My gripe about conventional commits is the redundancy: fix(ci): fix the foobar
Asides from the well made points here ('scope is more important than type' etc).
> something like fix, feat, chore, docs, or refactor
'Docs' are also part of the program, they need fixes too, and features need docs. If the docs don't match the features because they're not being updated when the code is, the docs are a lie and waste other developers time.
Also if you were writing a standard: why would you randomly abbreviate 'feature' but not 'refactor'? That sounds like a nitpick but standards require great thought, this is a bit of a smell that there hasn't been much thought into designing 'conventional commits'.

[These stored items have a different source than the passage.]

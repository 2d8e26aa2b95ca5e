//! What a call of `pump` came to.
ghost use Rattle.std.specs.Prelude.{◌≡◌};

use thiserror::Error;

/// How many octets were read and how many went out in a call.
#[derive(Clone, Copy, Debug, PartialEq, Eq)]
pub struct Pumped {
    pub read: u64,
    pub written: u64,
}

/// Why a call of `pump` ended before all was done.
#[derive(Clone, Copy, Debug, PartialEq, Eq, Error)]
pub enum PumpCode {
    /// A read failed. All that was read was handed on, and then the loss.
    #[error("a read failed")]
    ReadFault,
    /// A write failed. The port was told of the loss.
    #[error("a write failed")]
    WriteFault,
    /// `MAX_TURNS` reads and writes were made, or more than 2^63 of a kind before. The port was told of the loss.
    #[error("too many turns")]
    TurnsOver,
    /// The port has no room for what was read, or for the loss. The pipe keeps it.
    #[error("the port is full")]
    Full,
    /// The port has no memory for what was read, or for the loss. The pipe keeps it.
    #[error("out of memory")]
    NoMemory,
}

impl PumpCode {
    ghost use Rattle.bench_net.specs.Codes.{number_of};

    /// The number that stands for it where it is printed.
    pub fn number(self) -> u8
        ensures { result ≡ number_of self }
    {
        match self {
            PumpCode::ReadFault => 1,
            PumpCode::WriteFault => 2,
            PumpCode::TurnsOver => 3,
            PumpCode::Full => 4,
            PumpCode::NoMemory => 5,
        }
    }
}

/// Why a call of `pump` ended before all was done, and how many octets were read and went out in it.
#[derive(Clone, Copy, Debug, PartialEq, Eq, Error)]
#[error("{code}")]
pub struct PumpFault {
    pub code: PumpCode,
    pub read: u64,
    pub written: u64,
}
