//! A call of `pump`: what came is read and handed on, and then what was sent goes out.
ghost use Rattle.std.specs.Prelude.{◌≡◌, ◌<◌, ◌≤◌, ◌+◌, ◌⊎◌, ◌&&◌, ◌^◌, max, not, Err, IfErr, OnOk};
ghost use Rattle.bench_net.specs.Pipes.{HandsOn, loss_waiting, waiting};
ghost use Rattle.bench_net.specs.Pumps.{code_by, is_ended, written_of, most_read, most_written};
ghost use Rattle.bench_net.specs.Pumps.{IsHeard, HasCause, IsHeldBy, IsOver};
ghost use Rattle.bench_net.specs.Texts.{EndsAt};
ghost use Rattle.bench_net.specs.Writings.{Sends};

use crate::end::End;
use crate::fault::{PumpCode, PumpFault, Pumped};
use crate::hear::hear;
use crate::pipe::Pipe;
use crate::port::Port;
use crate::said::Said;
use crate::send::send;
use crate::settle::{Stop, lose};
use base_device::{ByteSink, ByteSource};

/// How many calls of a kind a device may have made before, for `pump` to make any.
const MAX_CALLS: u64 = 1 << 63;

// The greatest of a source's counts.
fn most_read<I: ByteSource>(source: &I) -> u64
    ensures { result ≡ most_read I.reads I.failures I.blocked source.now }
{
    source.reads().max(source.failures()).max(source.blocked())
}

// The greatest of a sink's counts.
fn most_written<O: ByteSink>(sink: &O) -> u64
    ensures { result ≡ most_written O.writes O.failures O.idle O.blocked sink.now }
{
    let calls = sink.writes().max(sink.failures());
    calls.max(sink.idle()).max(sink.blocked())
}

// A call that ended before all was done.
fn fault(code: PumpCode, read: u64, written: u64) -> Result<Pumped, PumpFault>
    ensures { result ≡ Err (record { code = code; read = read; written = written }) }
{
    Err(PumpFault {
        code,
        read,
        written,
    })
}

// The fault of a port that holds things up.
fn code_of(stop: Stop) -> PumpCode
    ensures { result ≡ code_by stop }
{
    match stop {
        Stop::Full => PumpCode::Full,
        Stop::NoMemory => PumpCode::NoMemory,
    }
}

// The line is lost, where the end of the input hasn't made it so.
fn lose_unless_ended<P: Port>(port: &mut P, pipe: &mut Pipe, end: End)
    ensures handed { HandsOn P.takes P.refuses P.sent port.old port.new (waiting pipe.old) (waiting pipe.new)
        (loss_waiting (not (is_ended end) && not pipe.old.losing)) }
    ensures out { pipe.new.out ≡ pipe.old.out }
    ensures none_kept { pipe.old.kept ≡ 0 → pipe.new.kept ≡ 0 }
{
    if let End::Ended = end {
        return;
    }
    lose(port, pipe);
}

// Both halves, over devices that have made few calls.
fn pump_once<P: Port, I: ByteSource, O: ByteSink>(
    port: &mut P,
    pipe: &mut Pipe,
    source: &mut I,
    sink: &mut O,
) -> Result<Pumped, PumpFault>
    requires source { most_read I.reads I.failures I.blocked source.old ≤ 2 ^ 63 }
    requires sink { most_written O.writes O.failures O.idle O.blocked sink.old ≤ 2 ^ 63 }
    ensures heard { IsHeard P.takes P.refuses P.sent I.remaining I.blocked port.old port.new pipe.old pipe.new
        source.old source.new result }
    ensures sent { Sends P.sent O.contents port.new pipe.old.out pipe.new.out sink.old sink.new (written_of result) }
    ensures out { OnOk result (EndsAt (P.sent port.new) pipe.new.out ⊎ (O.blocked sink.new ≡ O.blocked sink.old + 1)) }
    ensures cause { HasCause I.failures O.failures source.old source.new sink.old sink.new result }
    ensures held { IfErr result (λ fault. IsHeldBy P.refuses port.new pipe.new fault.code) }
    ensures over { IfErr result (λ fault. fault.code ≡ PumpCode.TurnsOver
        → I.reads source.new + O.writes sink.new ≡ I.reads source.old + O.writes sink.old + 65536) }
    ensures turns { I.reads source.new + O.writes sink.new ≤ I.reads source.old + O.writes sink.old + 65536 }
{
    let heard = hear(port, pipe, source);
    let read = heard.read;
    let end = heard.end;
    if let End::Failed = end {
        lose(port, pipe);
        return fault(PumpCode::ReadFault, read, 0);
    }
    if let End::Over = end {
        lose(port, pipe);
        return fault(PumpCode::TurnsOver, read, 0);
    }
    let told = send(port, pipe, sink, heard.turns);
    let written = told.written;
    if let Said::Failed = told.said {
        lose_unless_ended(port, pipe, end);
        return fault(PumpCode::WriteFault, read, written);
    }
    if let End::Held(stop) = end {
        return fault(code_of(stop), read, written);
    }
    if let Said::Over = told.said {
        lose_unless_ended(port, pipe, end);
        return fault(PumpCode::TurnsOver, read, written);
    }
    Ok(Pumped { read, written })
}

/// Reads what the source gives and hands it to the port, in pieces of at most `MAX_PIECE` octets, until the source has
/// nothing for now or ends, or the port has no use for more; then writes what the port sent and isn't out yet, until
/// all is out or the sink takes nothing for now. The end of the input makes the line lost, and so do the faults of a
/// device and of turns. What the port refuses for now stays in the pipe and is handed on first at the next call; while
/// the port refuses it, nothing is read, and what it sent goes out all the same. At most `MAX_TURNS` reads and writes
/// are made. Takes no memory.
pub fn pump<P: Port, I: ByteSource, O: ByteSink>(
    port: &mut P,
    pipe: &mut Pipe,
    source: &mut I,
    sink: &mut O,
) -> Result<Pumped, PumpFault>
    // What was read, and what became of it and of the loss, at the port and in the pipe.
    ensures heard { IsHeard P.takes P.refuses P.sent I.remaining I.blocked port.old port.new pipe.old pipe.new
        source.old source.new result }
    // What went out stands next in what the port sent.
    ensures sent { Sends P.sent O.contents port.new pipe.old.out pipe.new.out sink.old sink.new (written_of result) }
    ensures out { OnOk result (EndsAt (P.sent port.new) pipe.new.out ⊎ (O.blocked sink.new ≡ O.blocked sink.old + 1)) }
    // Each fault has its cause.
    ensures cause { HasCause I.failures O.failures source.old source.new sink.old sink.new result }
    ensures held { IfErr result (λ fault. IsHeldBy P.refuses port.new pipe.new fault.code) }
    ensures over { IfErr result (λ fault. fault.code ≡ PumpCode.TurnsOver
        → IsOver I.reads I.failures I.blocked O.writes O.failures O.idle O.blocked source.old source.new
        sink.old sink.new) }
    ensures turns { I.reads source.new + O.writes sink.new ≤ I.reads source.old + O.writes sink.old + 65536 }
{
    if most_read(source) > MAX_CALLS || most_written(sink) > MAX_CALLS {
        lose(port, pipe);
        return fault(PumpCode::TurnsOver, 0, 0);
    }
    pump_once(port, pipe, source, sink)
}
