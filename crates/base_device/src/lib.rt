//! Devices: what octets come from and go to, with their calls counted and their faults told; and how a run ends.
#![tactic(auto)]

mod counting;
mod device;
mod inputs;
mod output;
mod status;
mod told;
mod whole;

pub use counting::Counting;
pub use device::{ByteSink, ByteSource, DeviceFailed};
pub use inputs::{FileSource, Inputs, OpenError};
pub use output::{MAX_IDLE_WRITES, WriteFault, tell, write_whole};
pub use status::Status;
pub use told::Told;
pub use whole::{InputError, MAX_READS, read_input, tell_not_opened, tell_unread};
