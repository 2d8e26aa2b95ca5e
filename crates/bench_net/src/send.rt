//! The writing half of a call: what the port sent goes out.
ghost use Rattle.std.specs.Prelude.{◌≡◌, ◌≤◌, ◌+◌, ◌^◌};
ghost use Rattle.bench_net.specs.Pipes.{waiting};
ghost use Rattle.bench_net.specs.Writings.{Sends, SaysBy};

use crate::hear::MAX_TURNS;
use crate::pipe::{MAX_PIECE, Pipe};
use crate::port::Port;
use crate::put::{Put, write_once};
use crate::said::Said;
use base_device::ByteSink;

/// What the writing half came to: why it ended, how many octets went out, and how many turns were made then.
#[derive(Drop)]
pub(crate) struct Written {
    pub(crate) said: Said,
    pub(crate) written: u64,
    pub(crate) turns: u64,
}

/// Writes what the port sent and what isn't out yet, until all is out, the sink takes nothing for now or fails, or all
/// turns are made.
pub(crate) fn send<P: Port, O: ByteSink>(
    port: &P,
    pipe: &mut Pipe,
    sink: &mut O,
    turns: u64,
) -> Written
    requires turns { turns ≤ MAX_TURNS }
    requires writes { O.writes sink.old ≤ 2 ^ 63 }
    requires failures { O.failures sink.old ≤ 2 ^ 63 }
    requires idle { O.idle sink.old ≤ 2 ^ 63 }
    requires blocked { O.blocked sink.old ≤ 2 ^ 63 }
    ensures sent { Sends P.sent O.contents port.now pipe.old.out pipe.new.out sink.old sink.new result.written }
    ensures said { SaysBy P.sent O.failures O.blocked port.now pipe.new sink.old sink.new turns result.turns
        result.said }
    ensures turns { (turns ≤ result.turns) × (result.turns ≤ MAX_TURNS) }
    ensures writes { O.writes sink.new + turns ≡ O.writes sink.old + result.turns }
    ensures waiting { waiting pipe.new ≡ waiting pipe.old }
    ensures losing { pipe.new.losing ≡ pipe.old.losing }
    ensures kept { pipe.new.kept ≡ pipe.old.kept }
{
    let mut buffer = [0u8; MAX_PIECE];
    let mut written = 0;
    'turns: for turn in turns..MAX_TURNS {
        let count = port.unsent(pipe.out, &mut buffer);
        if count == 0 {
            let said = Said::Out;
            return Written {
                said,
                written,
                turns: turn,
            };
        }
        let said = match write_once(sink, &buffer[..count]) {
            Put::Taken(taken) => {
                pipe.out += taken;
                written += taken as u64;
                continue;
            }
            Put::Blocked => Said::Blocked,
            Put::Failed => Said::Failed,
        };
        let turns = turn + 1;
        return Written {
            said,
            written,
            turns,
        };
    }
    Written {
        said: Said::Over,
        written,
        turns: MAX_TURNS,
    }
}
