//! What a run tells, and whether that is a refusal.
ghost use Rattle.std.specs.Prelude.{◌≡◌, true};

use crate::status::Status;

/// What is told, and whether it is a refusal.
#[derive(Drop)]
pub struct Told {
    pub text: Vec<u8>,
    pub refused: bool,
}

impl Told {
    ghost use Rattle.base_device.specs.Tellings.{told_status};

    /// A refusal.
    pub fn refusal(text: Vec<u8>) -> Told
        ensures { result ≡ record { text = text; refused = true } }
    {
        Told {
            text,
            refused: true,
        }
    }

    /// The status of a run that tells it.
    pub fn status(&self) -> Status
        ensures { result ≡ told_status self.now.refused }
    {
        if self.refused {
            Status::Refused
        } else {
            Status::Done
        }
    }
}
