//! Why the writing half of a call ended.

/// Why the writing half of a call ended.
#[derive(Clone, Copy)]
pub(crate) enum Said {
    /// All that the port sent is out.
    Out,
    /// The sink takes nothing for now.
    Blocked,
    /// A write failed.
    Failed,
    /// All turns were made.
    Over,
}
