//! What stands between a connection of the bench and a socket: octets that came are handed to a port in pieces, and
//! what the port sent goes out, in a bounded number of turns.
#![tactic(auto)]

mod end;
mod fault;
mod given;
mod hear;
mod pipe;
mod port;
mod pumping;
mod put;
mod refusal;
mod said;
mod send;
mod settle;

pub use fault::{PumpCode, PumpFault, Pumped};
pub use hear::MAX_TURNS;
pub use pipe::{MAX_PIECE, Pipe};
pub use port::Port;
pub use pumping::pump;
pub use refusal::Refusal;
pub use settle::lose;
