//! What is kept of a connection between two calls of `pump`.
ghost use Rattle.std.specs.Prelude.{◌≡◌, ◌≤◌, ◌||◌, [], nat_lt};

/// How many octets a piece has at most.
pub const MAX_PIECE: usize = 4_096;

/// What is kept of a connection between two calls of `pump`: a piece or a loss that the port refused for now, and how
/// much of what the port sent went out.
#[derive(Drop)]
pub struct Pipe {
    pub(crate) room: [u8; MAX_PIECE],
    /// How many octets at the front of `room` are a piece that the port refused; mostly none.
    pub(crate) kept: usize,
    /// Whether the port is still to be told of the loss.
    pub(crate) losing: bool,
    /// How many octets of what the port sent went out.
    pub(crate) out: usize,
    ghost within: { kept ≤ 4096 },
}

impl Pipe {
    ghost use Rattle.bench_net.specs.Pipes.{waiting};

    /// Of a connection on which nothing came and nothing went out. Takes no memory.
    pub fn new() -> Pipe
        ensures waiting { waiting result ≡ [] }
        ensures out { result.out ≡ 0 }
    {
        Pipe {
            room: [0; MAX_PIECE],
            kept: 0,
            losing: false,
            out: 0,
        }
    }

    /// Whether a piece or the loss waits for the port.
    pub fn is_waiting(&self) -> bool
        ensures { result ≡ (nat_lt 0 self.now.kept || self.now.losing) }
    {
        self.kept > 0 || self.losing
    }

    /// How many octets of what the port sent went out, in all calls.
    pub fn out(&self) -> usize
        ensures { result ≡ self.now.out }
    {
        self.out
    }
}
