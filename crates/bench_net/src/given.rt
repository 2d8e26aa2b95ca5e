//! One read.
ghost use Rattle.std.specs.Prelude.{◌≡◌, ◌<◌, ◌-◌, ◌+◌, ◌^◌, length};
ghost use Rattle.std.specs.Io.KnownBytes.{Consumes};
ghost use Rattle.bench_net.specs.Givens.{given_by, given_octets, IsGiven};

use base_device::ByteSource;

/// What one read gave.
#[derive(Drop)]
pub(crate) enum Given {
    /// So many octets, at least one.
    Octets(usize),
    /// The end of the input.
    End,
    /// Nothing for now.
    Later,
    /// Nothing, and it may be read again at once.
    Again,
    /// A fault.
    Failed,
}

/// Reads once.
pub(crate) fn read_once<I: ByteSource>(source: &mut I, room: &mut [u8]) -> Given
    requires room { 0 < length room.old }
    requires reads { I.reads source.old < 2 ^ 64 - 1 }
    requires failures { I.failures source.old < 2 ^ 64 - 1 }
    requires blocked { I.blocked source.old < 2 ^ 64 - 1 }
    ensures octets { Consumes (I.remaining source.old) (I.remaining source.new) (given_octets result room.new) }
    ensures given { IsGiven I.remaining I.failures I.blocked source.old source.new (length room.new) result }
    ensures reads { I.reads source.new ≡ I.reads source.old + 1 }
{
    let before = source.blocked();
    let Ok(given) = source.read(room) else {
        return Given::Failed;
    };
    let has_blocked = source.blocked() > before;
    given_by(given, has_blocked)
}

// What a read gave, by its answer and by whether it would have had to wait.
fn given_by(given: Option<usize>, has_blocked: bool) -> Given
    ensures { result ≡ given_by given has_blocked }
{
    match given {
        Some(0) => Given::End,
        Some(count) => Given::Octets(count),
        None if has_blocked => Given::Later,
        None => Given::Again,
    }
}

Finally: the name 'Conventional commits' is a land grab (reminds me of when someone made a JS Standard and called it 'StandardJS', ignoring every existing popular standard). From the article, the *actual* convention is 'scope: work"
- Linux
- FreeBSD - Git - Go - nixpkgsAnd then you have me, using gitmoji
Mine is “ticket id - Imperative phrase”. Then I write a “why” description of the changes if needs be. As for personal project, I quite like the scoped commits style.
I don't care much what it says as in "fix", "chore" etc, but for me the main benefit is breaking changes indicated with "<type>!", something like "feat!: ... ".
This makes neovim plugin manager highlight the change differently which brings attention to it when you update stuff.
So please do use it instead of complaining!
I do like the suggestion of
scope!: ...
if it will be treated the same way with breaking changes reactions.
terrible suggestion, people are awful at writing commit messages and the type is really helpful when you're reviewing history and want to know things at a glance
I really dont care about commit messages. Just create strict rules for branches that contains issue nr + description, and squash all commits on merging the PR.